DFR officials told WFAA that crews were assigned to this call at 7:01 a.m. Friday after a 911 caller reported a "huge fire across the street” at 11287 Harry Hines Boulevard.
When firefighters arrived at the scene, they observed heavy smoke coming from the one-story commercial structure, DFR said. The store, Army Navy Plus, happened to receive a large shipment of product the day before. DFR said the shipment was packed into the store in such a way that prevented firefighters from making entry to better access the fire, so efforts were defensive early on.
Joan Walker and her son Bradley run the store that Joan's husband first started 33 years ago. Bradley works there from open to close, every day.
"We’re in shock right now. We don’t know what to think. We don’t know what’s going to happen," Bradley Walker said. “It’s part of the family."
DFR said it was working to extinguish the fire and the blaze had escalated to a four-alarm fire, resulting in close to 100 firefighters on scene using aerial and ground master streams to bring the fire under control. There was no one inside the business when the fire began, and there have not been any reported injuries, according to DFR.
“Just a total loss. I still don’t know what to think of it," Bradley Walker said. “I walked out yesterday, closed at 6:30. Never thought that’d be the last time I was in it.”

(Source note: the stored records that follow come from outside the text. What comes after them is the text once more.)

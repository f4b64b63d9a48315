//! Variables, literals, clauses and assignments, and the words in which the solver's contracts
//! speak of them.
#![tactic(auto)]

mod assign;
mod edge;
pub mod laws;
mod list;
mod lit;
mod top;
mod var;

pub use assign::Assign;
pub use edge::Edge;
pub use list::{Clause, Clauses, Guards, List, Lits};
pub use lit::Lit;
pub use top::top_variable;
pub use var::{MAX_VAR, Var};
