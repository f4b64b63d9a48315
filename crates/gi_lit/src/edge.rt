ghost use Rattle.std.specs.Prelude.{◌≡◌, ◌/◌, ◌%◌, ◌==◌};
ghost use Rattle.gi_lit.specs.Literals.{opposite};

use std::marker::Model;

/// A literal of a circuit in the coding of AIGER: 0 is constant false and 1 constant true, 2k and
/// 2k + 1 are node k and its negation. Contracts see its code.
#[derive(Clone, Copy, Debug, PartialEq, Eq, PartialOrd, Ord, Hash)]
pub struct Edge {
    code: u32,
}

impl Model for Edge {
    ghost use Rattle.std.specs.Prelude.{ℕ};

    ghost Value = { ℕ };

    ghost view = { λ e. e.code };

    ghost inverse = { λ n. record { code = n } };
}

impl Edge {
    /// The edge of that code.
    pub const fn new(code: u32) -> Edge
        ensures { result ≡ code }
    {
        Edge { code }
    }

    /// Its code.
    pub const fn code(self) -> u32
        ensures { result ≡ self }
    {
        self.code
    }

    /// The negation of the same node.
    #[tactic(auto, unfolding(crate::specs::Literals::opposite))]
    pub const fn not(self) -> Edge
        ensures { result ≡ opposite self }
    {
        Edge {
            code: self.code ^ 1,
        }
    }

    /// Its node; 0 for the constants.
    pub const fn node(self) -> u32
        ensures { result ≡ self / 2 }
    {
        self.code / 2
    }

    /// Whether it is the negation of its node.
    pub const fn is_negative(self) -> bool
        ensures { result ≡ (self % 2 == 1) }
    {
        self.code % 2 == 1
    }
}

They estimate hundreds of thousands of inventory were inside at the time of the fire, but there were also irreplaceable items including those that belonged to Joan's husband.
"There was a chair that sat there where my husband always sat and it had his vest on it and it’s gone," she said through tears.
The fire was causing heaving smoke in the area, which was located near Walnut Hill Lane and Interstate 35E.
A Dallas Fire Rescue Engine headed to this fire drove into a ditch, according to officials. DFR said the crew was traveling southbound on Reeder Road, and in an effort to bypass traffic, they got too far onto the shoulder of the road and rolled the engine onto its side into a ditch. DFR said all occupants of the engine were safely taken out of the vehicle, and there were no injuries related to the crash.
According to investigators, preliminary reports indicated the fire most-likely began at a location in the back of the store, but exactly how is unknown, DFR said.